MediaTek memperkenalkan Dimensity 8450 sebagai penerus lini premium yang kini semakin agresif menantang dominasi Qualcomm di segmen flagship Android.
Di sisi lain, Snapdragon 8 Gen 3 sudah lebih dulu dipakai di berbagai ponsel kelas atas dan menjadi standar performa tertinggi Android generasi terbaru.
Qualcomm dalam laman resminya menyebut Snapdragon 8 Gen 3 dirancang untuk “memberikan lompatan besar pada performa AI on-device, grafis, dan efisiensi daya.”
Sementara MediaTek menegaskan bahwa Dimensity 8450 hadir untuk “menawarkan keseimbangan antara performa tinggi dan konsumsi daya yang lebih efisien,” sebagaimana dikutip dari materi peluncuran resminya.
Arsitektur CPU dan Fabrikasi
Perbandingan pertama terletak pada arsitektur CPU dan proses fabrikasi.
Snapdragon 8 Gen 3 dibangun menggunakan fabrikasi 4nm dari TSMC dengan konfigurasi CPU terbaru yang mengusung inti performa tinggi berbasis ARM Cortex-X4, dipadukan dengan core performa dan efisiensi generasi baru.
Dimensity 8450 juga menggunakan proses 4nm TSMC, namun mengandalkan konfigurasi CPU yang sedikit berbeda.
MediaTek mengombinasikan core performa tinggi dengan core efisiensi yang dioptimalkan untuk beban kerja multitasking dan penggunaan harian.
Kedua chipset sama-sama dirancang untuk menjaga keseimbangan antara kecepatan dan efisiensi.

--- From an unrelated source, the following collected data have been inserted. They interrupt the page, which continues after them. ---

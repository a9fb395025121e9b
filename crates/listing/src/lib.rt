// The lines of the pair lister.
#![tactic(auto)]

ghost use Rattle.std.specs.Prelude.{◌≡◌, ◌∷◌, [], ◌++◌, ◌+◌, ◌≤◌, ◌<◌, length};
ghost use Rattle.outline.specs.Book.{network};
ghost use Rattle.outline.specs.Questions.{Known};
ghost use Rattle.outline.specs.Lister.{bytes_of_text, line_feed, digit, decimal, field, fare_field, station_fields, answer_fields, line_of, refused_line};
ghost use Rattle.listing.specs.Lines.{line_to, lines_to, lines_from};
ghost use Rattle.listing.specs.Putting.{Put};

use book::good::GoodBook;
use book::refusal;
use outline::{Answer, Question, Refusal, Station};

const MOST_RIDES: u8 = 4;

// The character of a digit.
fn character(d: usize) -> u8
    requires { d < 10 }
    ensures { result ≡ digit d }
{
    b'0' + d as u8
}

#[tactic(auto, using(crate::proofs::Putting::put_one))]
fn put_byte(out: &mut [u8], at: usize, x: u8) -> usize
    requires { at < length out.old }
    ensures { Put out.old at (x ∷ []) out.new result }
{
    out[at] = x;
    at + 1
}

fn put_bytes(out: &mut [u8], at: usize, text: &[u8]) -> usize
    requires { at + length text.now ≤ length out.old }
    ensures { Put out.old at text.now out.new result }
{
    let end = at + text.len();
    out[at..end].copy_from_slice(text);
    end
}

// A number in decimal digits.
fn put_decimal(out: &mut [u8], at: usize, x: usize) -> usize
    requires { at + length (decimal x) ≤ length out.old }
    ensures { Put out.old at (decimal x) out.new result }
{
    if x < 10 {
        return put_byte(out, at, character(x));
    }
    let last = put_decimal(out, at, x / 10);
    put_byte(out, last, character(x % 10))
}

// A number below 65,536, and what stands after it.
fn put_field(out: &mut [u8], at: usize, x: usize, after: u8) -> usize
    requires { (at + 6 ≤ length out.old) × (x < 65536) }
    ensures { Put out.old at (field x after) out.new result × (result ≤ at + 6) }
{
    let end = put_decimal(out, at, x);
    put_byte(out, end, after)
}

fn put_station(out: &mut [u8], at: usize, x: Station) -> usize
    requires { at + 12 ≤ length out.old }
    ensures { Put out.old at (station_fields x) out.new result × (result ≤ at + 12) }
{
    let next = put_field(out, at, usize::from(x.company), b' ');
    put_field(out, next, usize::from(x.number), b' ')
}

fn put_none(out: &mut [u8], at: usize) -> usize
    requires { at + 6 ≤ length out.old }
    ensures { Put out.old at (bytes_of_text "none ") out.new result × (result ≤ at + 6) }
{
    put_bytes(out, at, b"none ")
}

// The fare, or that there is none.
#[tactic(auto, unfolding(outline::specs::Lister::fare_field))]
fn put_fare(out: &mut [u8], at: usize, judged: Result<(), Refusal>, fare: u16) -> usize
    requires { at + 6 ≤ length out.old }
    ensures { Put out.old at (fare_field judged fare) out.new result × (result ≤ at + 6) }
{
    match judged {
        Ok(()) => put_field(out, at, usize::from(fare), b' '),
        Err(_) => put_none(out, at),
    }
}

fn put_answer(out: &mut [u8], at: usize, a: Answer) -> usize
    requires { at + 12 ≤ length out.old }
    ensures { Put out.old at (answer_fields a) out.new result × (result ≤ at + 12) }
{
    let judged = a.judged;
    let rides = put_fare(out, at, judged, a.fare);
    put_field(out, rides, usize::from(a.rides), b'\n')
}

fn put_stations(out: &mut [u8], at: usize, x: Station, y: Station) -> usize
    requires { at + 24 ≤ length out.old }
    ensures { Put out.old at (station_fields x ++ station_fields y) out.new result × (result ≤ at + 24) }
{
    let next = put_station(out, at, x);
    put_station(out, next, y)
}

// The line of a pair and its answer.
pub fn put_line(out: &mut [u8], at: usize, pair: Question, a: Answer) -> usize
    requires { at + 36 ≤ length out.old }
    ensures { Put out.old at (line_of pair a) out.new result × (result ≤ at + 36) }
{
    let fare = put_stations(out, at, pair.from, pair.to);
    put_answer(out, fare, a)
}

// The line of two stations; the same station twice has none.
fn put_pair(good: GoodBook, x: Station, y: Station, out: &mut [u8], at: usize) -> usize
    requires { Known (network good.book.bytes.now) x × Known (network good.book.bytes.now) y × (at + 36 ≤ length out.old) }
    ensures { Put out.old at (line_to (network good.entry.book.bytes.now) x y) out.new result × (result ≤ at + 36) }
{
    if x == y {
        return at;
    }
    let pair = Question {
        from: x,
        to: y,
        limit: MOST_RIDES,
    };
    let answer = search::ask(good, pair);
    put_line(out, at, pair, answer)
}

// The lines from a station to those of a company.
fn put_to(good: GoodBook, x: Station, company: u8, out: &mut [u8], at: usize) -> usize
    requires { Known (network good.book.bytes.now) x × (company < (network good.book.bytes.now).companies) × (at + 1440 ≤ length out.old) }
    ensures { Put out.old at (lines_to (network good.entry.book.bytes.now) x company) out.new result × (result ≤ at + 1440) }
{
    let n = good.book.stations(company);
    let mut end = at;
    for number in 0..n {
        end = put_pair(good, x, Station { company, number }, out, end);
    }
    end
}

// The lines from a station, at the front of the lent list.
pub fn put_from(good: GoodBook, x: Station, out: &mut [u8]) -> usize
    requires { Known (network good.book.bytes.now) x × (23040 ≤ length out.old) }
    ensures { Put out.old 0 (lines_from (network good.entry.book.bytes.now) x) out.new result × (result ≤ 23040) }
{
    let n = good.book.companies();
    let mut end: usize = 0;
    for company in 0..n {
        end = put_to(good, x, company, out, end);
    }
    end
}

// A number of at most twenty digits, and the line feed.
fn put_place(out: &mut [u8], at: usize, x: usize) -> usize
    requires { at + 21 ≤ length out.old }
    ensures { Put out.old at (field x line_feed) out.new result × (result ≤ at + 21) }
{
    let end = put_decimal(out, at, x);
    put_byte(out, end, b'\n')
}

// The line of a refused book, at the front of the lent list.
pub fn put_refused(out: &mut [u8], x: Refusal) -> usize
    requires { 35 ≤ length out.old }
    ensures { Put out.old 0 (refused_line x) out.new result × (result ≤ 35) }
{
    let number = put_bytes(out, 0, b"refused ");
    let place = put_field(out, number, usize::from(refusal::number(x)), b' ');
    put_place(out, place, refusal::place(x))
}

Namun, Qualcomm menitikberatkan lonjakan performa single-core, sementara MediaTek lebih fokus pada stabilitas performa jangka panjang dan manajemen daya.
Performa GPU dan Pengalaman Gaming
Pada sektor grafis, Snapdragon 8 Gen 3 dibekali GPU Adreno generasi terbaru yang mendukung ray tracing berbasis hardware dan peningkatan signifikan pada frame rate gaming.
Qualcomm menargetkan gamer mobile yang menginginkan kualitas visual setara konsol genggam.
Dimensity 8450 mengandalkan GPU Mali kelas flagship dengan optimasi khusus untuk efisiensi daya dan kestabilan suhu.
MediaTek juga menyematkan teknologi manajemen grafis adaptif untuk menjaga performa tetap konsisten dalam sesi gaming panjang.
Dalam berbagai pengujian internal vendor, Snapdragon unggul dalam peak performance grafis, sementara Dimensity menunjukkan kelebihan pada kontrol panas dan penurunan performa yang lebih landai saat beban tinggi berlangsung lama.
Baca juga:
- Qualcomm Siapkan Snapdragon 8 Elite Gen 6 Pro, Tembus Kecepatan 6GHz?
- MediaTek Rilis Dimensity 7100, Chipset 6nm dengan Efisiensi Lebih Tinggi
Kemampuan AI dan Pemrosesan Cerdas
Aspek kecerdasan buatan (AI) menjadi medan persaingan utama kedua chipset ini.
Snapdragon 8 Gen 3 membawa AI Engine terbaru dengan dukungan pemrosesan AI generatif langsung di perangkat, termasuk pengolahan gambar, video, dan suara secara real-time tanpa bergantung pada cloud.
Dimensity 8450 juga memperkuat sektor AI dengan NPU generasi terbaru yang dirancang untuk efisiensi.
MediaTek mengklaim peningkatan signifikan pada pengenalan gambar, pengolahan bahasa, dan fitur kamera berbasis AI.
Keduanya mendukung fitur AI on-device yang kini menjadi standar flagship, seiring meningkatnya kebutuhan privasi data dan respons instan tanpa koneksi internet.